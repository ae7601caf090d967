//! A short session over a world, step by step. Where memory is wanting, the journal that is left is judged, what is out has to have been
//! handed back, and the session goes on from there: so each allocation can be refused in turn. The input is a number: so many
//! allocations are made before the session. The status is 6 where memory was wanting, and 1 where what was left then was not right, or the
//! session was broken off though there was a world.
#![tactic(auto)]

mod story;

use crate::story::{Session, Told};
use hpx_value::memory::OutOfMemory;
use std::alloc::Global;
use std::io;
use std::io::Read;
use std::process::ExitCode;

/// A number is made, called, asked for, moved, called, asked for and dropped.
const LINES: &[u8] = b"naqmaqd";

/// The number that the input is, or 0.
fn asked(rt: &HostRuntime) -> u32 {
    let mut bytes = [0u8; 8];
    if rt.stdin().read(&mut bytes).is_err() {
        return 0;
    }
    let mut number = 0u32;
    for byte in bytes {
        if let Some(digit) = char::from(byte).to_digit(10) {
            number = number.saturating_mul(10).saturating_add(digit);
        }
    }
    number
}

/// Makes so many allocations.
fn spend(alloc: Global, times: u32) -> Result<(), OutOfMemory> {
    for _ in 0..times {
        Vec::from_slice(alloc, &[0u8])?;
    }
    Ok(())
}

/// What the session comes to. Once there is a world, none may be broken off.
fn played(alloc: Global, before: u32) -> Result<Told, OutOfMemory> {
    spend(alloc, before)?;
    let mut session = Session::boot(alloc)?;
    for line in LINES {
        if session.line(alloc, *line).is_err() {
            return Ok(session.broken_off());
        }
    }
    Ok(session.told(alloc))
}

/// The status for what the session came to, which is printed.
fn shown(rt: &HostRuntime, told: Told) -> io::Result<u8> {
    let Told { wanted, wrong } = told;
    println!(rt; "memory was wanting {wanted} times")?;
    if wrong {
        println!(rt; "what was left is not right")?;
        return Ok(1);
    }
    Ok(if wanted > 0 { 6 } else { 0 })
}

fn main(rt: HostRuntime) -> ExitCode {
    match played(rt.alloc(), asked(&rt)) {
        Ok(told) => ExitCode::from(shown(&rt, told).unwrap_or(1)),
        Err(_) => ExitCode::from(6),
    }
}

## Work task
Select every line of the material above holding the word "there" and copy it.

## Result for this exercise
//! handed back, and the session goes on from there: so each allocation can be refused in turn. The input is a number: so many
//! session was broken off though there was a world.
/// What the session comes to. Once there is a world, none may be broken off.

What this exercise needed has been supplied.